Today Microway the deployment of an NVIDIA DGX-1 supercomputer and Microway NumberSmasher Tesla GPU Server to deep-learning leader Vyasa Analytics. The new hardware enables Vyasa Analytics’ next phase of growth.
The NVIDIA DGX-1 Deep Learning Appliance delivers the fastest performance available when training neural networks and running production-scale classification workloads. The system leverages the power of eight built-in NVIDIA Tesla V100 GPUs with NVIDIA NVLink Technology and Tensor Cores to boost the speed of deep learning training. NVIDIA DGX-1 performs 140X faster deep learning training when compared to a CPU-only server.
These systems have enabled us to branch out into a number of R&D areas that were really critical for us to be able to innovate and build out new types of deep learning approaches,” says Dr. Christopher Bouton, founder and CEO of Vyasa Analytics. “As a company working in the deep learning space, we see Microway and NVIDIA® as key partners in our ability to build innovative novel deep learning algorithms for a wide range of content types.”
The system includes NVIDIA’s Deep Learning software stack and NGC containers. Immediately after installation, the system was ready to train models and scale Vyasa’s software. The easy-to-use DIGITS deep learning training system and interface available on DGX-1™ helps users manage training data, monitor performance, and design, compare, and select networks.

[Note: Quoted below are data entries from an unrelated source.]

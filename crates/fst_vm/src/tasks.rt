ghost use Rattle.std.specs.Prelude.{◌≡◌, ◌++◌, ◌∷◌, [], true, Some, None, IfOk, OnOk};
ghost use Rattle.fst_paths.specs.Paths.{AreInOrder, main_path, put_at};
ghost use Rattle.fst_vm.specs.Tasks.{HasEnded};
ghost use Rattle.fst_vm.specs.Slot.{is_live};
ghost use Rattle.fst_vm.specs.SlotOf.{slot_of, slot_in, ended_in, tasks_by_path, one_waiting, waiting_in, IsEnd};

use crate::kept::{EndedTask, Slot, has_ended};
use crate::report::Waiting;
use fst_machine::Request;
use fst_types::{EndName, Path};
use fst_value::Value;
use std::alloc::{AllocError, Global};
use std::collections::BTreeMap;

/// All tasks of a run: those that have not ended by their paths, and apart from them those that have, in the order in which
/// they did, so that no path is looked up among theirs.
#[derive(Drop)]
pub struct Tasks {
    pub live: BTreeMap<Vec<u32>, Slot>,
    pub ended: Vec<EndedTask>,
}

// Adds a task that asks at an end.
fn add_waiting(
    alloc: Global,
    all: &mut Vec<Waiting>,
    path: &[u32],
    end: &EndName,
) -> Result<(), AllocError>
    ensures { OnOk result (all.new.items ≡
        all.old.items ++ (record { task = path.now; end = end.now } ∷ [])) }
{
    let task = Path::of(alloc, path)?;
    let end = end.copy(alloc)?;
    all.push(Waiting { task, end })?;
    Ok(())
}

// Adds a task with what it asks for, if it waits.
fn add_if_waiting(
    alloc: Global,
    all: &mut Vec<Waiting>,
    path: &[u32],
    request: &Request,
) -> Result<(), AllocError>
    ensures { OnOk result (all.new.items ≡ all.old.items ++ one_waiting path.now request.now) }
{
    match request {
        Request::Step => Ok(()),
        Request::New(_) => Ok(()),
        Request::Fork => Ok(()),
        Request::Put(end, _) => add_waiting(alloc, all, path, end),
        Request::Get(end) => add_waiting(alloc, all, path, end),
        Request::Ended => Ok(()),
    }
}

// The value of main, if its task is the last with its path that has ended.
fn ended_result(mut ended: Vec<EndedTask>) -> Option<Value>
    requires { (s : _) → ended_in ended.items main_path ≡ Some s → ∥ HasEnded s.task ∥₁ }
    ensures { IsEnd (ended_in ended.items main_path) result }
{
    let main: [u32; 1] = [0];
    while let Some(last) = ended.pop() {
        if last.task.path().as_slice() == &main[..] {
            return Some(last.task.result());
        }
    }
    None
}

impl Tasks {
    /// No task.
    pub fn new(alloc: Global) -> Tasks
        ensures { tasks_by_path result ≡ (λ p. None) }
    {
        Tasks {
            live: BTreeMap::new(alloc),
            ended: Vec::new(alloc),
        }
    }

    // Puts a task in that has ended.
    fn put_ended(&mut self, slot: Slot) -> Result<(), AllocError>
        requires { slot.request ≡ Request.Ended }
        ensures { OnOk result (tasks_by_path self.new ≡
            put_at slot.task.path (Some (slot_of slot)) (tasks_by_path self.old)) }
    {
        let Slot { task, clock, .. } = slot;
        self.live.remove(task.path().as_slice());
        self.ended.push(EndedTask { task, clock })?;
        Ok(())
    }

    // Puts a task in among those that have not ended.
    fn put_live(&mut self, alloc: Global, slot: Slot) -> Result<(), AllocError>
        ensures { OnOk result (tasks_by_path self.new ≡
            put_at slot.task.path (Some (slot_of slot)) (tasks_by_path self.old)) }
    {
        let key = Vec::from_slice(alloc, slot.task.path().as_slice())?;
        self.live.insert(key, slot)?;
        Ok(())
    }

    /// Puts a task in at its path: among those that have ended, if it asks for nothing.
    pub fn put_in(&mut self, alloc: Global, slot: Slot) -> Result<(), AllocError>
        ensures { OnOk result (tasks_by_path self.new ≡
            put_at slot.task.path (Some (slot_of slot)) (tasks_by_path self.old)) }
    {
        if has_ended(&slot.request) {
            self.put_ended(slot)
        } else {
            self.put_live(alloc, slot)
        }
    }

    /// Moves a task that has ended to those that have.
    pub fn set_aside(&mut self, path: &Path) -> Result<(), AllocError>
        requires { (s : _) → slot_in self.old.live.entries path.now ≡ Some s →
            (s.task.path ≡ path.now) × (s.request ≡ Request.Ended) }
        ensures { OnOk result (tasks_by_path self.new ≡ tasks_by_path self.old) }
    {
        match self.live.remove(path.as_slice()) {
            Some(slot) => {
                let Slot { task, clock, .. } = slot;
                self.ended.push(EndedTask { task, clock })?;
                Ok(())
            }
            None => Ok(()),
        }
    }

    /// What is kept of a task that has not ended.
    pub fn slot(&self, path: &Path) -> &Slot
        requires { is_live (tasks_by_path self.now path.now) ≡ true }
        ensures { tasks_by_path self.now path.now ≡ Some (slot_of result.now) }
    {
        self.live.get(path.as_slice()).unwrap()
    }

    /// The tasks that wait, in the order of their paths.
    pub fn waiting(&self, alloc: Global) -> Result<Vec<Waiting>, AllocError>
        ensures items { IfOk result (λ ws. ws.items ≡ waiting_in self.now.live.entries) }
        ensures ordered { OnOk result (AreInOrder self.now.live.entries) }
    {
        let mut all = Vec::new(alloc);
        for (key, slot) in &self.live {
            add_if_waiting(alloc, &mut all, key.as_slice(), &slot.request)?;
        }
        Ok(all)
    }

    /// The value of main, if its task has ended.
    pub fn result(self) -> Option<Value>
        requires { (s : _) → tasks_by_path self main_path ≡ Some s → s.request ≡ Request.Ended →
            ∥ HasEnded s.task ∥₁ }
        ensures { IsEnd (tasks_by_path self main_path) result }
    {
        let Tasks { mut live, ended } = self;
        let main: [u32; 1] = [0];
        match live.remove(&main[..]) {
            Some(slot) => {
                let Slot { task, request, .. } = slot;
                match request {
                    Request::Ended => Some(task.result()),
                    _ => None,
                }
            }
            None => ended_result(ended),
        }
    }
}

Microway’s NumberSmasher Tesla GPU Servers integrate 1–10 NVIDIA Tesla V100 GPUs with flexible GPU density. These servers are fully configurable for any customized workload. The Vyasa Analytics deployment utilized this configurability to deploy early R&D environments and test new concepts—scaled up onto the DGX-1 when ready.
Vyasa Analytics provides a deep learning analytics platform for leading organizations in the life sciences, healthcare, business intelligence, and legal verticals. Vyasa’s highly-scalable deep learning software, Cortex, operating on NVIDIA GPUs and Microway server hardware, applies deep learning-based analytics to enterprise data of a variety of types: text, image, chemical structure, and more. Use cases include analyzing multiple large-scale text sources and streams that include millions of documents in order to discover patterns, relationships, and trends for patent analysis, competitive intelligence or drug repurposing.